Is 'big data' just the latest example of big hype?
Data analytics is important, and will deliver competitive edge to organizations that employ it. But having massive, multi-petabyte stores of data is no more useful than owning 10 cars: you can only drive one at a time. There are a rising number of voices -- particularly from data experts themselves -- who are cautioning organizations against rushing into the big data scene, as they will only end up disappointed or worse.
Quartz's Christopher Mims, for one, recently made the case that big data -- far from being the revolutionary font of business insights many claim it to be -- is over-hyped, oversold, and essentially useless to many enterprises.
Here are four of the myths about big data Mims uncovered, plus a couple more:
1) Web giants such as Facebook and Yahoo always deal with "big" data for day-to-day analysis: Analysts with these web companies generally can run data analysis on laptops or single servers, and usually don't have to run computational problems across gigantic clusters, Mims points out. He references a recent Microsoft paper that also provides a reality check on the amount of capacity most analytic compute jobs really require: "the majority of real-world analytic jobs process less than 100 GB of input," its authors state.
2) Big data is the gateway to 'data analysis': For effective data analysis, many organizations should be incorporating "small data" -- targeted data sets that can be very effectively handled within a laptop, Mims states.
3) The more data, the more information: Having too much data to sift through actually may diminish the quality of the information, and even result in fishing expeditions. Mims quotes data scientist Vincent Granville, who cautions that the more data there is, the greater the likelihood of false positives when looking for correlations. As Granville put it: "It’s not hard, even with a data set that includes just 1,000 items, to get into a situation in which 'we are dealing with many, many millions of correlations... out of all these correlations, a few will be extremely high just by chance: if you use such a correlation for predictive modeling, you will lose.”
4) Big data provides precise, indisputable answers: Data science is a science, requiring rigor, review and repeatable research. And scientific assumptions are always open to challenge. Mims points to the risk that executives not trained in statistical or quantitative methods may be relying on "algorithmic illusions," as expressed by MIT Media Lab visiting scholar Kate Crawford. Data is often flawed and biased.
5) Big data provides information you can bet your business on: If anything, growing reliance on big data analytics is creating a corporate bubble of overconfidence.
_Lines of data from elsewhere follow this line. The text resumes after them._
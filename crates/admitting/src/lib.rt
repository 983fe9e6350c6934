// The admission of a newcomer by either policy, and what a request comes to before its own entry is told.
#![tactic(auto)]

mod admission;
mod records;
mod untold;

pub use admission::admit;
pub use untold::Untold;
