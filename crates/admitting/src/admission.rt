// The admission of a newcomer, by either policy.
// C lends the event list, so it goes with the place of the next event.
ghost use Rattle.tables.specs.Lent.{tables_of, Same};
ghost use Rattle.shelving.specs.Asked.{request_of};
ghost use Rattle.admitting.specs.Deciding.{Met};
ghost use Rattle.admitting.specs.Admitting.{Enterable, enters, Admissible, admits};

use crate::records::{make_room, tell};
use crate::untold::Untold;
use amounts::product;
use counting::counted;
use method::{Outcome, Pass};
use newcomer::{admitted, limit, newcomer};
use shelving::{Asked, Room, drop_behind, keep, put_back};
use tables::{Records, Tally};

// The newcomer enters where room was made: what was set aside is evicted in order, and it takes a free place.
fn enter(
    a: Tally,
    q: Asked,
    room: Room,
    r: &mut Records,
    key: &mut [u64],
    stamp: &mut [u64],
    queue: &mut [u16],
    entry: &mut [u16],
    free: &mut [u16],
    events: &mut [u32],
    at: usize,
) -> Untold
    requires { Enterable a (request_of q) room (tables_of r.old key.old stamp.old queue.old) entry.old free.old events.old at }
    ensures same { Same r.old r.new }
    ensures met { Met a (tables_of r.old key.old stamp.old queue.old) events.old at (enters a (request_of q) room (tables_of r.old key.old stamp.old queue.old)) result (tables_of r.new key.new stamp.new queue.new) entry.new free.new events.new }
{
    let n = a.files_kept as usize;
    let left = room.left;
    let due = at + (n - left);
    tell(r, n, left, queue, events, at);
    drop_behind(r, key, stamp, queue, free, a.settings, n, left);
    let top = a.settings.places.count() - left - 1;
    let p = usize::from(free[top]);
    let k = newcomer(a, q, room);
    keep(r, key, stamp, queue, entry, left, p, q.file, k);
    Untold {
        outcome: Outcome::Admitted,
        tally: admitted(a, q, room),
        due,
    }
}

// The admission of a newcomer that is not too big: low where it would be taken itself, and then nothing is evicted.
pub fn admit(
    a: Tally,
    q: Asked,
    r: &mut Records,
    key: &mut [u64],
    stamp: &mut [u64],
    queue: &mut [u16],
    entry: &mut [u16],
    free: &mut [u16],
    events: &mut [u32],
    at: usize,
) -> Untold
    requires { Admissible a (request_of q) (tables_of r.old key.old stamp.old queue.old) entry.old free.old events.old at }
    ensures same { Same r.old r.new }
    ensures met { Met a (tables_of r.old key.old stamp.old queue.old) events.old at (admits a (request_of q) (tables_of r.old key.old stamp.old queue.old)) result (tables_of r.new key.new stamp.new queue.new) entry.new free.new events.new }
{
    let k = a.inflation + product(1, q.size, q.cost);
    let most = limit(a.settings.policy, k);
    match make_room(r, a, q.size, most, key, stamp, queue, entry) {
        Ok(room) => enter(a, q, room, r, key, stamp, queue, entry, free, events, at),
        Err(low) => {
            let n = a.files_kept as usize;
            let left = low.left;
            put_back(n, left, key, stamp, queue, entry);
            let outcome = Outcome::Passed(Pass::LowKey);
            Untold {
                outcome,
                tally: counted(a, outcome, q.size, q.cost),
                due: at,
            }
        }
    }
}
As Brian Bergstein of MIT Technology Review puts it: "A future in which such 'intuitive knowledge' about how to deploy resources is overruled by algorithms that can work only with hard data and can't, of course, account for the data they don't have ... While it might seem obvious that data, no matter how 'big,' cannot perfectly represent life in all its complexity, information technology produces so much information that it is easy to forget just how much is missing.
6) Big data will turn an organization into a profitable analytics-driven machine: Technology and data alone will not fix a moribund, clueless corporate culture -- in anything, it will exacerbate it. Just as high-quality film production and editing software is now available to anyone who wants it for a few hundred dollars, don't expect to see thousands of Steven Spielbergs to suddenly emerge -- it takes creativity, verve and keen business sense to pull together a masterful production. Organizations embracing data analytics need to be open to new approaches and ideas, and above all, have a single-minded dedication to what their customers want. Having the right data on them is only the beginning.
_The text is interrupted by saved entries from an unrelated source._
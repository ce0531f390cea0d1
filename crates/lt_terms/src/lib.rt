//! Terms of higher-order logic: their binders, alpha equality, opening and closing.
#![tactic(auto)]

mod alpha;
mod bound_names;
mod closing;
mod counting;
mod numbering;
mod opening;
mod pending;
mod replacing;
mod scope;
mod term;
mod term_builder;
mod term_instances;
mod up_to_types;

pub use alpha::alpha_eq;
pub use bound_names::{Binder, binders};
pub use closing::close_free;
pub use counting::nodes;
use lt_types::List;
pub use opening::open_binder;
pub use replacing::subst_free;
pub use term::{Term, TermNode};
pub use term_builder::TermBuilder;
pub use term_instances::term_instance;
pub use up_to_types::same_up_to_types;

/// A list of terms.
pub type Terms = List<Term>;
7) Big data is about having massive quantities -- petabytes' worth -- of data: The definition of "Big Data" is far broader than merely massive data stores. I remember some years ago, around the year 2000, hearing about the world's most massive database -- a telecom's 1 terabyte data store on customers and transactions. 1 TB - that was huge! With this narrow definition, it could be argued that we've always had big data, and always will. What's different now is the data organizations are ingesting is nontraditional and unstructured data -- from machines, from social media, from videos and documents. These aren't easily stored or managed in traditional databases.